Some Christians believe abortion is murder, but history and the Bible disagree

In 1974, the Southern Baptist Convention affirmed the need for the procedure in many cases. But the Religious Right later took an anti-abortion stance and Republicans have since used it to court voters

To many Christians, who believe in the so-called "sanctity of life," abortion is a clear moral case. They believe abortion is like killing a person. Sometimes opponents of abortion even describe it as "murder." This aggressive and moralistic language is not only shaming and demeaning to people who have had abortions, it is imprecise in its language. 
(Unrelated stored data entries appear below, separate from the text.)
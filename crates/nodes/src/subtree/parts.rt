// Subtrees, from the whole tree down.
ghost use Rattle.std.specs.Prelude.{◌≡◌, ℕ, ◌≤◌, List, if◌then◌else◌};
ghost use Rattle.syntax.specs.Shape.{Tree};
ghost use Rattle.syntax.specs.View;
ghost use Rattle.nodes.specs.Rooted.{Rooted};
ghost use Rattle.nodes.specs.Subtrees.{Shown, Shaped, PartsWithin, BeginsWith, LeadsTo};

use crate::node::Node;
use crate::subtree::{Shape, Subtree};
use tiny::tokens::{Kind, Token};

impl<'a> Subtree<'a> {
    // The tree whose root is a record of the table.
    pub fn new(nodes: &'a [Node], root: usize) -> Self
        requires { Rooted nodes.now root }
        ensures nodes { result.nodes.now ≡ nodes.now }
        ensures root { result.at ≡ root }
    {
        Subtree { nodes, at: root }
    }

    // Its root, and its parts.
    pub fn shape(self) -> Shape<'a>
        ensures shown { (source : List ℕ) (t : Tree) → Shown source self.entry t → Shaped source result t }
        ensures parts { PartsWithin self.entry result }
    {
        let nodes = self.nodes;
        match nodes[self.at] {
            Node::Blank => unreachable!(),
            Node::Leaf { token } => Shape::Leaf { token },
            Node::Under { token, part } => Shape::Under {
                token,
                part: Subtree { nodes, at: part },
            },
            Node::Join { token, left, right } => Shape::Join {
                token,
                left: Subtree { nodes, at: left },
                right: Subtree { nodes, at: right },
            },
        }
    }

    // The token of its root.
    pub fn token(self) -> Token
        ensures { BeginsWith self.entry result }
    {
        match self.shape() {
            Shape::Leaf { token } | Shape::Under { token, .. } | Shape::Join { token, .. } => token,
        }
    }

    // What stands under a declared name: its type, or a procedure's formals.
    pub fn part(self) -> Self
        ensures leads { LeadsTo self.entry result View.part_of }
        ensures before { result.at ≤ self.entry.at }
    {
        match self.shape() {
            Shape::Leaf { .. } => self,
            Shape::Under { part, .. } => part,
            Shape::Join { left, .. } => left,
        }
    }

    // The type of a formal, which may stand under the mark of a reference.
    pub fn formal_type(self) -> Self
        ensures leads { LeadsTo self.entry result (λ t. (if View.by_reference t then View.part_of t else t)) }
        ensures before { result.at ≤ self.entry.at }
    {
        match self.shape() {
            Shape::Under { token, part } if token.what.kind == Kind::Ampersand => part,
            _ => self,
        }
    }
}
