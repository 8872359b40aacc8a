//! What the program prints: the report of a machine, and the listing of bytes, each written line by line to
//! the slot `Report` of a host; and texts and numbers in fixed room.
//!
//! A machine is shown by its reading calls alone, the trait `Shown`. `write_report` writes the report of
//! `report_text`, and `write_listing` a listing of `IsListing`. Read `specs/Report.antt` first.
#![tactic(auto)]

mod listing;
mod report;
mod shown;
mod texts;

pub use listing::{Line, line_with, write_listing};
pub use report::{SCREEN_ROOM, register_lines, screen_lines, write_report};
pub use shown::Shown;
pub use texts::{ROOM, push_byte, push_decimal, push_hex, push_text};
The reason we have inadequate language around abortion is that it is such a politically important issue for Republicans. Rather than having a reasonable discourse about reproductive health and reducing unwanted pregnancies, Republicans use moralizing language to describe abortion because it moves voters. To be clear, such language doesn't actually help with health care, safe pregnancies or the flourishing of life. 

When we equate abortion with murder, we are trying to use deafening language to silence dialogue about the complicated matter of the ethics of abortion. When we refuse to see abortion as a matter of liberty and health care, we are dehumanizing people as incubators. We are saying that their lives don't matter so long as they are pregnant. We are giving more rights, more dignity and more humanity to their fetuses, than to those who hold them. It is possible to live in a world where everyone receives dignity. But it doesn't start with naming abortion as murder, or proclaiming that a potential life is more valuable than a real life.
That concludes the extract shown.